À l'exception des navettes américaines, les cargos européens ATV ont été les plus gros véhicules à se rendre sur la Station spatiale internationale. Il n'y eut que cinq vols, tous différents, et l'aventure ne fut pas un long fleuve tranquille… Mais ce succès a permis à l'ESA de s'intégrer sur les missions lunaires américaines.

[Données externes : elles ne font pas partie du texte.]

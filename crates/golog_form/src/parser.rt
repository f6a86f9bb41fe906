// From tokens to a form: the lists that are open, at most 128, stand on a stack of their own.
ghost use Rattle.std.specs.Prelude.{◌≡◌, ◌∷◌, [], ◌+◌, ◌≤◌, ◌<◌, ◌^◌, length, None, OnOk, IfOk, MatchOption};
ghost use Rattle.golog_form.specs.Tokens.{tokens, place, end_of};
ghost use Rattle.golog_form.specs.Gives.{Gives};
ghost use Rattle.golog_form.specs.Parsing.{Steps, put_form, open_level, close_level, take_token, finish, parse, start};

use crate::fault::FormFault;
use crate::form::Form;
use crate::lexer::next_token;
use crate::token::Token;
use golog_base::{List, NoMemory};
use std::alloc::Global;
use std::marker::Model;

// How many lists may be open at once.
const LEVELS: usize = 128;

/// A list under way: the place of its `(` and the items so far.
#[derive(Drop)]
pub struct Level {
    pub at: u32,
    pub items: List<Form>,
}

/// The lists under way. Contracts see the innermost first.
#[derive(Drop)]
pub struct Levels {
    levels: Vec<Level>,
}

impl Model for Levels {
    ghost use Rattle.std.specs.Prelude.{List as ListOf, reverse};
    ghost use Rattle.golog_form.specs.declared.parser.Level.{Level};
    ghost use Rattle.golog_form.specs.contracts.form.Form as form;
    ghost use Rattle.std.specs.Coded.{codes};

    ghost Value = { ListOf Level };

    ghost coded = { Prim.hlevel (codes, form.the_row.coded) };

    ghost view = { λ l. reverse l.levels.items };
}

impl Levels {
    /// No list is open.
    pub fn new(alloc: Global) -> Levels
        ensures { result ≡ [] }
    {
        Levels {
            levels: Vec::new(alloc),
        }
    }

    /// How many lists are open.
    pub fn len(&self) -> usize
        ensures { result ≡ length self.now }
    {
        self.levels.len()
    }

    /// Opens a list in the innermost.
    pub fn push(&mut self, level: Level) -> Result<(), NoMemory>
        ensures { OnOk result (self.new ≡ level ∷ self.old) }
    {
        self.levels.push(level)?;
        Ok(())
    }

    /// Takes the innermost list away; `None` where none is open.
    pub fn pop(&mut self) -> Option<Level>
        ensures { MatchOption result ((self.old ≡ []) × (self.new ≡ []))
            (λ level. self.old ≡ level ∷ self.new) }
    {
        self.levels.pop()
    }
}

/// The tokens read so far: the lists under way, and the form where one is whole.
#[derive(Drop)]
pub struct Parser {
    pub levels: Levels,
    pub found: Option<Form>,
}

impl Parser {
    fn new(alloc: Global) -> Parser
        ensures { result ≡ start }
    {
        Parser {
            levels: Levels::new(alloc),
            found: None,
        }
    }

    // Takes a form that begins at `at` as the next item of the innermost list, or as the form of the text.
    fn put_form(&mut self, form: Form, at: u32) -> Result<(), FormFault>
        ensures { Steps result self.new (put_form form at self.old.levels self.old.found) }
    {
        match self.levels.pop() {
            Some(mut level) => {
                level.items.push(form)?;
                self.levels.push(level)?;
                Ok(())
            }
            None if self.found.is_some() => Err(FormFault::Refused { why: 2, at }),
            None => {
                self.found = Some(form);
                Ok(())
            }
        }
    }

    fn open_level(&mut self, alloc: Global, at: u32) -> Result<(), FormFault>
        ensures { Steps result self.new (open_level at self.old.levels self.old.found) }
    {
        if self.levels.len() == 0 && self.found.is_some() {
            return Err(FormFault::Refused { why: 2, at });
        }
        if self.levels.len() >= LEVELS {
            return Err(FormFault::Refused { why: 4, at });
        }
        self.levels.push(Level {
            at,
            items: List::new(alloc),
        })?;
        Ok(())
    }

    fn close_level(&mut self, end: u32) -> Result<(), FormFault>
        requires { 0 < end }
        ensures { Steps result self.new (close_level end self.old.levels self.old.found) }
    {
        match self.levels.pop() {
            None => Err(FormFault::Refused {
                why: 2,
                at: end - 1,
            }),
            Some(Level { at, items }) => self.put_form(Form::Group { items, at, end }, at),
        }
    }

    fn take(&mut self, alloc: Global, token: Token) -> Result<(), FormFault>
        requires { place token < end_of token }
        ensures { Steps result self.new (take_token token self.old.levels self.old.found) }
    {
        match token {
            Token::Open { at } => self.open_level(alloc, at),
            Token::Close { end } => self.close_level(end),
            Token::Atom { text, at, end } => self.put_form(Form::Atom { text, at, end }, at),
            Token::Bad { at } => Err(FormFault::Refused { why: 3, at }),
        }
    }

    fn finish(self, end: u32) -> Result<Form, FormFault>
        ensures { Gives result (finish end self.levels self.found) }
    {
        let Parser { levels, found } = self;
        if levels.len() > 0 {
            return Err(FormFault::Refused { why: 1, at: end });
        }
        match found {
            None => Err(FormFault::Refused { why: 6, at: end }),
            Some(form) => Ok(form),
        }
    }
}

/// The form that the tokens of the bytes spell, which are read one after another up to the first refusal.
#[tactic(auto, unfolding(crate::specs::Parsing::parse))]
pub fn parse(alloc: Global, bytes: &[u8]) -> Result<Form, FormFault>
    requires { length bytes.now < 2 ^ 32 }
    ensures { Gives result (parse (length bytes.now) (tokens bytes.now) start) }
{
    let mut parser = Parser::new(alloc);
    let mut at = 0;
    while let Some(token) = next_token(alloc, bytes, at)? {
        at = token.end();
        parser.take(alloc, token)?;
    }
    parser.finish(bytes.len() as u32)
}
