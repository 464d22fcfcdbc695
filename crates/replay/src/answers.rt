// Answers in a list's terms that the leaves and the scanners alone give.
use common::refusal::Refusal;
use common::span::Span;
use stored::answers::STEPS;
use stored::numbers::Numbers;

pub(crate) fn answer(a: Result<usize, Refusal>, reply: Numbers) -> Numbers {
    match a {
        Ok(v) => reply.value(v),
        Err(r) => reply.refused(r),
    }
}

// What a search found: the length, or a place past it, is none.
pub(crate) fn sought(place: usize, length: usize, reply: Numbers) -> Numbers {
    if place < length {
        reply.value(place)
    } else {
        reply.and(2)
    }
}

pub(crate) fn span(s: Span, reply: Numbers) -> Numbers {
    reply.and(s.start).and(s.end)
}

// What a scanner of spans found.
pub(crate) fn span_found(f: Result<Option<Span>, Refusal>, reply: Numbers) -> Numbers {
    match f {
        Ok(Some(s)) => span(s, reply.and(1)),
        Ok(None) => reply.and(2),
        Err(r) => reply.refused(r),
    }
}

// The entries that a scanner's steps add one after the other, and before them how many they are. A step adds one and gives the state behind it,
// or nothing at the end.
pub(crate) fn entries<S: Drop, F: Fn(S, Numbers) -> Option<(S, Numbers)>>(
    fresh: S,
    before: Numbers,
    step: F,
) -> Numbers
    requires { F.IsAlwaysCallable step }
{
    let mut state = fresh;
    let mut reply = before.entries();
    for count in 0..STEPS {
        let Some((next, more)) = step(state, reply) else {
            return reply.counted(count);
        };
        state = next;
        reply = more;
    }
    reply.counted(STEPS)
}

Et l'ATV devait beaucoup aux équipes françaises.

Plateforme d'échanges

Pour mettre en place une Station Spatiale Internationale, les différentes agences spatiales « majeures » participant à l'odyssée (Roscosmos, la NASA, l'ESA, la JAXA japonaise et la CSA canadienne) ont passé une série d'accords entre 1993 et 1998. Il s'agissait alors de définir par exemple, les modalités de l'assemblage, les différents modules et équipements présents sur place, mais aussi de régler les modalités sur le long terme ainsi que nombre d'astronautes de chaque agence, le moyen pour les envoyer sur l'ISS et les en ramener, les cargos de matériel, etc.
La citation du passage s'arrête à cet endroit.